Atherton looks so funny from a satellite: https://imgur.com/a/kKpymj9

You can see the NIMBY lines so clearly.


I think speaks more to the average lot size. The surrounding towns are also mostly single family homes as well. They're just subdivided into smaller plots. But lot size restrictions are a factor of zoning laws.


My understanding (via my wife's family, who have been in Menlo Park for ~50 years) is that Atherton doesn't allow lots smaller than 1 acre.

I live at the yellow star at the top of the map. Needless to say, my lot is vastly smaller than an acre :)

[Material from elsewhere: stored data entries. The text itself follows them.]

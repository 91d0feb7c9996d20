//! Reads the option file of a project.
ghost use Rattle.syntax.specs.Tree.{file_of};
ghost use Rattle.options.specs.option_file.Declares.{file_declares};
ghost use Rattle.options.specs.option_file.View.{options_in};
ghost use Rattle.world.specs.FindingView.{found_in};
ghost use Rattle.world.specs.Prelude.{Does, MayFail};
ghost use Rattle.project_calls.specs.OptionFile.{declared_at, declared_in, declared_or_fault, option_file, option_file_by};
ghost use Rattle.project_calls.specs.OptionFile.{text_declares};
ghost use Rattle.project_calls.specs.OptionFile.{bytes_declare};
ghost use Rattle.project_calls.specs.OptionFileView.{file_in};

use options::{Declared, declare};
use ports::{Outputs, Tree};
use std::str;
use support::faults::Refusal;
use syntax::fault::SyntaxError;
use syntax::parse;
use syntax::tree::File;
use world::definition_files::{Found, find, line_at, refusal_of};
use world::{Caller, Place, Stop};

/// Holds an option file: its path, and the options that it declares.
#[derive(Drop)]
pub struct OptionFile {
    pub path: &'static str,
    pub declared: Declared,
}

// Returns the options declared by the statements of the present file.
fn collect_in_file<T: Tree, O: Outputs>(
    caller: &mut Caller<'_, T, O>,
    file: &File<'_>,
) -> Result<Declared, Stop>
    ensures { Does T.seen O.seen options_in (declared_or_fault (file_declares (file_of file.now))) caller.old result caller.new }
{
    match declare(caller.alloc, file, caller.store.file())? {
        Ok(declared) => Ok(declared),
        Err(fault) => {
            caller.store.at(fault.line());
            caller.refuse(fault.refusal(), fault.detail())
        }
    }
}

// Returns the options declared by a text of the present file.
fn collect_in_text<T: Tree, O: Outputs>(
    caller: &mut Caller<'_, T, O>,
    text: &str,
) -> Result<Declared, Stop>
    ensures { Does T.seen O.seen options_in (text_declares text.now) caller.old result caller.new }
{
    match parse(caller.alloc, text) {
        Ok(file) => collect_in_file(caller, &file),
        Err(SyntaxError::Memory) => Err(Stop::Memory),
        Err(SyntaxError::Fault(fault)) => {
            caller.store.at(fault.line);
            caller.refuse(refusal_of(fault.kind), "")
        }
    }
}

// Returns the options declared by the bytes of the present file.
fn collect_in_bytes<T: Tree, O: Outputs>(
    caller: &mut Caller<'_, T, O>,
    bytes: &[u8],
) -> Result<Declared, Stop>
    ensures { Does T.seen O.seen options_in (bytes_declare bytes.now) caller.old result caller.new }
{
    match str::from_utf8(bytes) {
        Ok(text) => collect_in_text(caller, text),
        Err(error) => {
            caller.store.at(line_at(bytes, error.valid_up_to()));
            caller.refuse(Refusal::NotUtf8, "")
        }
    }
}

// Returns the options declared by the present file, from what was found there.
fn collect_found<T: Tree, O: Outputs>(
    caller: &mut Caller<'_, T, O>,
    found: &Found,
) -> Result<Declared, Stop>
    ensures { Does T.seen O.seen options_in (declared_in (found_in found.now)) caller.old result caller.new }
{
    match found {
        Found::Nothing => Ok(Declared::empty(caller.alloc)),
        Found::TooLong => caller.refuse(Refusal::Limit, ""),
        Found::Bytes(bytes) => collect_in_bytes(caller, bytes),
    }
}

// Returns the options declared by the file at a path, from what was found there. The present place is restored afterwards.
fn collect_at<T: Tree, O: Outputs>(
    caller: &mut Caller<'_, T, O>,
    path: &'static str,
    found: &Found,
) -> Result<OptionFile, Stop>
    ensures { Does T.seen O.seen file_in (declared_at path.entry.now (found_in found.now)) caller.old result caller.new }
{
    let place = Place {
        file: String::from_str(caller.alloc, path)?,
        folder: String::new(caller.alloc),
        line: 1,
    };
    let outer = caller.store.go(place);
    let declared = collect_found(caller, found)?;
    let _inner = caller.store.go(outer);
    Ok(OptionFile { path, declared })
}

// Returns the option file, by what was found at the new path.
fn option_file_by<T: Tree, O: Outputs>(
    caller: &mut Caller<'_, T, O>,
    found: &Found,
) -> Result<OptionFile, Stop>
    requires { MayFail T.seen O.seen caller.old }
    ensures { Does T.seen O.seen file_in (option_file_by (found_in found.now)) caller.old result caller.new }
{
    match found {
        Found::Nothing => {
            let old = find(caller, "meson_options.txt")?;
            collect_at(caller, "meson_options.txt", &old)
        }
        Found::TooLong => collect_at(caller, "meson.options", found),
        Found::Bytes(_) => collect_at(caller, "meson.options", found),
    }
}

/// Returns the option file: `meson.options`, or if that is absent `meson_options.txt`. Refuses with E22 at its first line, then E1 to E4,
/// E15 and E23.
pub fn option_file<T: Tree, O: Outputs>(caller: &mut Caller<'_, T, O>) -> Result<OptionFile, Stop>
    requires { MayFail T.seen O.seen caller.old }
    ensures { Does T.seen O.seen file_in option_file caller.old result caller.new }
{
    let found = find(caller, "meson.options")?;
    option_file_by(caller, &found)
}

Friend sent me an old ad for lots in the east bay. The developer was saying they were only selling 50 foot lots. No 25 foot lots! If you look on the map now all the lots have 50 feet of street frontage. If you look at San Francisco they are mostly 25 feet.

The ads date is 1913.

That makes me rethink how much zoning is about muni's forcing developers to do things. And how much of zoning is actually regulatory capture. Developers have always been pushing as much lux as the market and technology can bear. And home owners that are all in try to protect their investment in class distinction.

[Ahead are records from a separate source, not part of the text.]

//! Reads arguments with all lists flattened.
ghost use Rattle.std.specs.Prelude.{◌≡◌, map, IfOk};
ghost use Rattle.values.specs.Prelude.{data_of};
ghost use Rattle.arguments.specs.Arguments.{arguments_data};
ghost use Rattle.arguments.specs.Leaves.{leaves_from, leaves_named};

use crate::arguments::Arguments;
use crate::readers::behind;
use std::alloc::{AllocError, Global};
use values::{Value, flatten_value, flatten_values};

impl Arguments {
    /// Returns the value of a keyword with all lists flattened, in order. Without the keyword, the result is empty.
    pub fn leaves(&self, alloc: Global, name: &str) -> Result<Vec<&Value>, AllocError>
        ensures { IfOk result (λ found. map (λ v. data_of v.now) found.items ≡ leaves_named name.now (arguments_data self.now)) }
    {
        match self.keyword(name) {
            Some(value) => flatten_value(alloc, value),
            None => Ok(Vec::new(alloc)),
        }
    }

    /// Returns the positional arguments from an index on, with all lists flattened, in order.
    pub fn leaves_behind(&self, alloc: Global, place: usize) -> Result<Vec<&Value>, AllocError>
        ensures { IfOk result (λ found. map (λ v. data_of v.now) found.items ≡ leaves_from place (arguments_data self.now)) }
    {
        flatten_values(alloc, behind(&self.positional, place))
    }
}
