//! Defines rows without keywords.
ghost use Rattle.std.specs.Prelude.{◌≡◌};
ghost use Rattle.arguments.specs.RowView.{row_data};
ghost use Rattle.arguments.specs.Rows.{some_texts, values};

use crate::row::{ArgumentKind, Row};

/// Returns a row of any number of values of any type.
pub fn any_values() -> Row
    ensures { row_data result ≡ Rattle.arguments.specs.Rows.any_values }
{
    Row::of(&[], 0, &[]).with_others(ArgumentKind::Any)
}

/// Returns a row of values of these kinds, of which the first `needed` are needed.
pub fn values(positional: &'static [ArgumentKind], needed: usize) -> Row
    ensures { row_data result ≡ values positional.now needed }
{
    Row::of(positional, needed, &[])
}

/// Returns a row of at least one text.
pub fn some_texts() -> Row
    ensures { row_data result ≡ some_texts }
{
    Row::of(&[], 1, &[]).with_others(ArgumentKind::Text)
}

The endangered species act probably had 10x the effect on stifling building as Prop 13. Can you imagine a project like Foster City happening in the current environment?

https://www.fostercity.org/community/page/creation-foster-ci...

It takes Palo Alto 30 years to do flood mitigation because of a couple frogs in the creek.

If Mountain View needs housing, make more land. It will never happen because there are always myriad obstacles to building.

https://ww2.kqed.org/quest/2010/09/30/landfill-and-liquefact...

Look how much of the city of SF was built on landfill. When was the last time a major bay area development was done on reclaimed land?


After WWII the Army Core of Engineers had a plan to fill most of the bay.


While Environmentalism is definitely classist, and CEQA has played a part in preventing affordable development in cities, there are so many other factors that boiling it down to environmentalism is absurd.

If anything, CEQA and other environmental regulations have contributed more to improving the quality of life for working class people and the poor than it has contributed to their detriment. California is the median for poverty in the US and also happens to be in the top 15 for quality of life while also being in the top 10 most environmentally friendly states. Because of that, I don't see a correlation between environmentalism and poverty.


California is at the bottom for poverty on the only measure that matters (the Supplemental Poverty Measure, which accounts for cost of living): https://www.sandiegouniontribune.com/opinion/the-conversatio...


Fair enough, but even considering that, the other states at the top of the list are a grab bag consisting of some of the worst states in terms of environmental regulations. My point is that there is no absolute correlation with environmentalism and poverty.


Nice how you slipped your pet bugaboo into your argument. Enviros are not responsible for the height caps and the sprawl.


The article says that SB 50 was supported by environmentalist groups.

>The bill also garnered support from environmental organizations, including Natural Resources Defense Council and California PIRG, because of its potential to reduce the carbon pollution that comes from long driving commutes.


Most environmentalists are in favor of increased density. The opposition is more NIMBYs who either don't want their neighborhood to ever change, don't want poor people anywhere near them, or want their house value to go up.


By “principled,” I mean that the RHNA sends the signal from the state government to the local governments of the state interest (regional quantity of housing to promote housing affordability and availability), while preserving local control over legitimate local concerns, which is what the opposition to SB 50 wanted. It makes sense theoretically; it just doesn’t work in practice due to the lowballed numbers and long time frames.


It's what happens when you let homeowners form a cartel and vote on how much new housing to create (and thus how much to dilute their own home's worth by). Environmentalism has nothing to do with it.


> environmentalism is classism in disguise.


when you restrain housing, everyone suffers.